Business Structure Determines Business Performance
The purpose of this competitive analysis is to elaborate the theme “different business structure will generate distinct business performance” by comparing the two well-known luxury product companies Louis Vuitton Moet Hennessy and Hugo Boss from variety of aspects.
LVMH is a luxury product company which is created in 1971 by the merge of Louis Vuitton fashion house and Moet Hennesy. The headquarter is located in Paris, France. Currently, the sharp rise in sales placed LVMH on the leading position in the luxury product industry among their main competitors such as Christian Dior, Prada, Gucci and Fendi. The major business LVMH is involved in is divided into five divisions: Fashion and Leather Goods, Wines and Spirits, Selective Retailing, Perfumes and Cosmetics Watches & Jewelry based on the share of total profit over the first three quarters in 2012 in descending order.

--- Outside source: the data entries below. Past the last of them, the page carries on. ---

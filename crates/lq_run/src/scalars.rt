//! Scalars that a statement evaluates at once: those of `var` and of assignments.
ghost use Rattle.std.specs.Prelude.{◌≡◌, Some, true};
ghost use Rattle.lq_value.specs.declared.ty.Ty.{out-Ty};
ghost use Rattle.lq_value.specs.declared.value.Value.{out-Value};
ghost use Rattle.lq_grammar.specs.declared.syntax.Expr.{Expr};
ghost use Rattle.lq_machine.specs.HostCalls.{named_now};
ghost use Rattle.lq_tree.specs.UsesOfForms.{form_uses};
ghost use Rattle.lq_run.specs.Calls.{AddsCalls};
ghost use Rattle.lq_run.specs.States.{AreKnown, state_with};
ghost use Rattle.lq_run.specs.Statements.{EvaluatesTree, YieldsTree, is_of_scalars, scalar_in, tree_in};

use crate::denials::check_rights;
use crate::state::State;
use crate::stop::{Stop, fault, refusal};
use lq_host::{Asks, Log};
use lq_pull::value_seen;
use lq_tree::Tree;
use lq_use::{Use, uses};
use lq_value::{RowRef, Scalar, Value};
use std::alloc::Global;

/// The scalar that a value is.
fn scalar_of<R: RowRef>(value: Value<R>) -> Option<Scalar>
    ensures { result ≡ scalar_in (out-Value R value) }
{
    match value {
        Value::Scalar(scalar) => Some(scalar),
        _ => None,
    }
}

/// The value of a tree whose type is a scalar's, or null's, over the rows that the session's role sees; or stops with its fault.
fn evaluate_seen<H: Asks>(
    alloc: Global,
    tree: &Tree,
    used: &[Use],
    state: &State,
    hosts: &H,
    log: &mut Log<H>,
) -> Result<Scalar, Stop>
    requires scalar { is_of_scalars (out-Ty tree.now.ty) ≡ true }
    requires known { AreKnown (H.known hosts.now) state.now }
    ensures yields { YieldsTree (state_with (H.known hosts.now) state.now) tree.now result }
    ensures calls { AddsCalls (state_with (H.known hosts.now) state.now)
        (form_uses tree.now.form) log.old log.new }
{
    match value_seen(alloc, tree, used, &state.view(), hosts, log)? {
        Ok(found) => match scalar_of(found) {
            Some(scalar) => Ok(scalar),
            None => Err(refusal(alloc, "type")),
        },
        Err(met) => Err(fault(alloc, met)),
    }
}

/// The value of an expression of a scalar's type, or of null's, which has this tree, by what these host predicates answer. Stops with the
/// line of the first use to which the role has no right, and else with that of the fault that the expression meets.
pub fn evaluate_scalar<H: Asks>(
    alloc: Global,
    tree: &Tree,
    state: &State,
    hosts: &H,
    log: &mut Log<H>,
) -> Result<Scalar, Stop>
    requires scalar { is_of_scalars (out-Ty tree.now.ty) ≡ true }
    requires known { AreKnown (H.known hosts.now) state.now }
    ensures evaluates { EvaluatesTree (state_with (H.known hosts.now) state.now) tree.now result }
    ensures calls { (e : Expr) → tree_in (state_with (H.known hosts.now) state.now) e
        ≡ Some tree.now
        → AddsCalls (state_with (H.known hosts.now) state.now)
        (named_now (state_with (H.known hosts.now) state.now) e) log.old log.new }
{
    let used = uses(alloc, tree, state.store(), false)?;
    check_rights(alloc, used.as_slice(), state)?;
    evaluate_seen(alloc, tree, used.as_slice(), state, hosts, log)
}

Hugo Boss is a leading German-based luxury product company in luxury industry created in 1924, which is headquartered in Metzingen. The rapid rise on sales in 2011 ensured Hugo Boss staying ahead of the market and their main competitors. The company runs their business through five main brands: Boss Black, Boss Green, Boss Selection, Boss Orange and Hugo Red. Hugo Boss emphasizes exclusively on retailing menswear business formal and casual, luxurious accessories, sportswear relative to their five brands.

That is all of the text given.